Exercise input:
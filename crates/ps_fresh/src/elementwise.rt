//! Whether expressions are elementwise.
ghost use Rattle.std.specs.Prelude.{◌≡◌, ◌&&◌, Err, IfOk, OnErr};
ghost use Rattle.ps_frame.specs.Trees.{IsExpression, tree_at};
ghost use Rattle.ps_frame.specs.Typing.{is_elementwise};
ghost use Rattle.ps_frame.specs.declared.refusal.PolarsError.{PolarsError};
ghost use Rattle.ps_fresh.specs.Known.{RemembersBy};

use crate::known::KnownAnswers;
use ps_frame::expr::{AExpr, FunctionExpr, entry};
use ps_frame::refusal::{PolarsError, PolarsResult};
use pu_base::{Arena, Node};
use std::alloc::Global;

/// Whether each cell of an expression's answer comes from the cells of its row. Each expression below it is looked at
/// once, in all calls together.
///
/// Fails only for want of memory; what is then known is still right.
#[cycle(elementwise)]
pub(crate) fn is_elementwise_expr(
    alloc: Global,
    expr: Node,
    arena: &Arena<AExpr>,
    cache: &mut KnownAnswers,
) -> PolarsResult<bool>
    requires expr { IsExpression arena.now.items expr }
    requires cache { RemembersBy is_elementwise arena.now.items cache.old }
    ensures is { IfOk result (λ is. is ≡ is_elementwise (tree_at arena.now.items expr)) }
    ensures cache { RemembersBy is_elementwise arena.now.items cache.new }
    ensures memory { OnErr result (result ≡ Err PolarsError.OutOfMemory) }
{
    if let Some(is) = cache.get(expr) {
        return Ok(is);
    }
    let is = is_entry_elementwise(alloc, expr, arena, cache)?;
    cache.note(expr, is)?;
    Ok(is)
}

// The same by its operands, whatever is known of it.
#[cycle(elementwise)]
fn is_entry_elementwise(
    alloc: Global,
    expr: Node,
    arena: &Arena<AExpr>,
    cache: &mut KnownAnswers,
) -> PolarsResult<bool>
    requires expr { IsExpression arena.now.items expr }
    requires cache { RemembersBy is_elementwise arena.now.items cache.old }
    ensures is { IfOk result (λ is. is ≡ is_elementwise (tree_at arena.now.items expr)) }
    ensures cache { RemembersBy is_elementwise arena.now.items cache.new }
    ensures memory { OnErr result (result ≡ Err PolarsError.OutOfMemory) }
{
    match entry(expr, arena) {
        AExpr::Column(_) | AExpr::Literal(_) => Ok(true),
        AExpr::BinaryExpr { left, op: _, right } => {
            are_both_elementwise(alloc, *left, *right, arena, cache)
        }
        AExpr::Cast { expr, .. } => is_elementwise_expr(alloc, *expr, arena, cache),
        AExpr::Ternary {
            predicate,
            truthy,
            falsy,
        } => are_three_elementwise(alloc, *predicate, *truthy, *falsy, arena, cache),
        AExpr::Function { input, function } => match function {
            FunctionExpr::Not | FunctionExpr::IsNull | FunctionExpr::IsNotNull => {
                is_elementwise_expr(alloc, *input, arena, cache)
            }
            FunctionExpr::Reverse => Ok(false),
        },
        AExpr::Sort { .. }
        | AExpr::SortBy { .. }
        | AExpr::Gather { .. }
        | AExpr::Filter { .. }
        | AExpr::Agg(_)
        | AExpr::Slice { .. }
        | AExpr::Len
        | AExpr::LeftOut(_) => Ok(false),
    }
}

// Whether two expressions are.
#[cycle(elementwise)]
fn are_both_elementwise(
    alloc: Global,
    first: Node,
    second: Node,
    arena: &Arena<AExpr>,
    cache: &mut KnownAnswers,
) -> PolarsResult<bool>
    requires first { IsExpression arena.now.items first }
    requires second { IsExpression arena.now.items second }
    requires cache { RemembersBy is_elementwise arena.now.items cache.old }
    ensures are { IfOk result (λ are. are ≡ (is_elementwise (tree_at arena.now.items first) && is_elementwise (tree_at arena.now.items second))) }
    ensures cache { RemembersBy is_elementwise arena.now.items cache.new }
    ensures memory { OnErr result (result ≡ Err PolarsError.OutOfMemory) }
{
    let first = is_elementwise_expr(alloc, first, arena, cache)?;
    let second = is_elementwise_expr(alloc, second, arena, cache)?;
    Ok(first && second)
}

// Whether three are.
#[cycle(elementwise)]
fn are_three_elementwise(
    alloc: Global,
    first: Node,
    second: Node,
    third: Node,
    arena: &Arena<AExpr>,
    cache: &mut KnownAnswers,
) -> PolarsResult<bool>
    requires first { IsExpression arena.now.items first }
    requires second { IsExpression arena.now.items second }
    requires third { IsExpression arena.now.items third }
    requires cache { RemembersBy is_elementwise arena.now.items cache.old }
    ensures are { IfOk result (λ are. are ≡ (is_elementwise (tree_at arena.now.items first) && (is_elementwise (tree_at arena.now.items second) && is_elementwise (tree_at arena.now.items third)))) }
    ensures cache { RemembersBy is_elementwise arena.now.items cache.new }
    ensures memory { OnErr result (result ≡ Err PolarsError.OutOfMemory) }
{
    let first = is_elementwise_expr(alloc, first, arena, cache)?;
    let others = are_both_elementwise(alloc, second, third, arena, cache)?;
    Ok(first && others)
}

Activity:
Please retype all of the lines above exactly as they stand.

Answer section:
filename crates/ps_fresh/src/elementwise.rt
//! Whether expressions are elementwise.
ghost use Rattle.std.specs.Prelude.{◌≡◌, ◌&&◌, Err, IfOk, OnErr};
ghost use Rattle.ps_frame.specs.Trees.{IsExpression, tree_at};
ghost use Rattle.ps_frame.specs.Typing.{is_elementwise};
ghost use Rattle.ps_frame.specs.declared.refusal.PolarsError.{PolarsError};
ghost use Rattle.ps_fresh.specs.Known.{RemembersBy};

use crate::known::KnownAnswers;
use ps_frame::expr::{AExpr, FunctionExpr, entry};
use ps_frame::refusal::{PolarsError, PolarsResult};
use pu_base::{Arena, Node};
use std::alloc::Global;

/// Whether each cell of an expression's answer comes from the cells of its row. Each expression below it is looked at
/// once, in all calls together.
///
/// Fails only for want of memory; what is then known is still right.
#[cycle(elementwise)]
pub(crate) fn is_elementwise_expr(
    alloc: Global,
    expr: Node,
    arena: &Arena<AExpr>,
    cache: &mut KnownAnswers,
) -> PolarsResult<bool>
    requires expr { IsExpression arena.now.items expr }
    requires cache { RemembersBy is_elementwise arena.now.items cache.old }
    ensures is { IfOk result (λ is. is ≡ is_elementwise (tree_at arena.now.items expr)) }
    ensures cache { RemembersBy is_elementwise arena.now.items cache.new }
    ensures memory { OnErr result (result ≡ Err PolarsError.OutOfMemory) }
{
    if let Some(is) = cache.get(expr) {
        return Ok(is);
    }
    let is = is_entry_elementwise(alloc, expr, arena, cache)?;
    cache.note(expr, is)?;
    Ok(is)
}

// The same by its operands, whatever is known of it.
#[cycle(elementwise)]
fn is_entry_elementwise(
    alloc: Global,
    expr: Node,
    arena: &Arena<AExpr>,
    cache: &mut KnownAnswers,
) -> PolarsResult<bool>
    requires expr { IsExpression arena.now.items expr }
    requires cache { RemembersBy is_elementwise arena.now.items cache.old }
    ensures is { IfOk result (λ is. is ≡ is_elementwise (tree_at arena.now.items expr)) }
    ensures cache { RemembersBy is_elementwise arena.now.items cache.new }
    ensures memory { OnErr result (result ≡ Err PolarsError.OutOfMemory) }
{
    match entry(expr, arena) {
        AExpr::Column(_) | AExpr::Literal(_) => Ok(true),
        AExpr::BinaryExpr { left, op: _, right } => {
            are_both_elementwise(alloc, *left, *right, arena, cache)
        }
        AExpr::Cast { expr, .. } => is_elementwise_expr(alloc, *expr, arena, cache),
        AExpr::Ternary {
            predicate,
            truthy,
            falsy,
        } => are_three_elementwise(alloc, *predicate, *truthy, *falsy, arena, cache),
        AExpr::Function { input, function } => match function {
            FunctionExpr::Not | FunctionExpr::IsNull | FunctionExpr::IsNotNull => {
                is_elementwise_expr(alloc, *input, arena, cache)
            }
            FunctionExpr::Reverse => Ok(false),
        },
        AExpr::Sort { .. }
        | AExpr::SortBy { .. }
        | AExpr::Gather { .. }
        | AExpr::Filter { .. }
        | AExpr::Agg(_)
        | AExpr::Slice { .. }
        | AExpr::Len
        | AExpr::LeftOut(_) => Ok(false),
    }
}

// Whether two expressions are.
#[cycle(elementwise)]
fn are_both_elementwise(
    alloc: Global,
    first: Node,
    second: Node,
    arena: &Arena<AExpr>,
    cache: &mut KnownAnswers,
) -> PolarsResult<bool>
    requires first { IsExpression arena.now.items first }
    requires second { IsExpression arena.now.items second }
    requires cache { RemembersBy is_elementwise arena.now.items cache.old }
    ensures are { IfOk result (λ are. are ≡ (is_elementwise (tree_at arena.now.items first) && is_elementwise (tree_at arena.now.items second))) }
    ensures cache { RemembersBy is_elementwise arena.now.items cache.new }
    ensures memory { OnErr result (result ≡ Err PolarsError.OutOfMemory) }
{
    let first = is_elementwise_expr(alloc, first, arena, cache)?;
    let second = is_elementwise_expr(alloc, second, arena, cache)?;
    Ok(first && second)
}

// Whether three are.
#[cycle(elementwise)]
fn are_three_elementwise(
    alloc: Global,
    first: Node,
    second: Node,
    third: Node,
    arena: &Arena<AExpr>,
    cache: &mut KnownAnswers,
) -> PolarsResult<bool>
    requires first { IsExpression arena.now.items first }
    requires second { IsExpression arena.now.items second }
    requires third { IsExpression arena.now.items third }
    requires cache { RemembersBy is_elementwise arena.now.items cache.old }
    ensures are { IfOk result (λ are. are ≡ (is_elementwise (tree_at arena.now.items first) && (is_elementwise (tree_at arena.now.items second) && is_elementwise (tree_at arena.now.items third)))) }
    ensures cache { RemembersBy is_elementwise arena.now.items cache.new }
    ensures memory { OnErr result (result ≡ Err PolarsError.OutOfMemory) }
{
    let first = is_elementwise_expr(alloc, first, arena, cache)?;
    let others = are_both_elementwise(alloc, second, third, arena, cache)?;
    Ok(first && others)
}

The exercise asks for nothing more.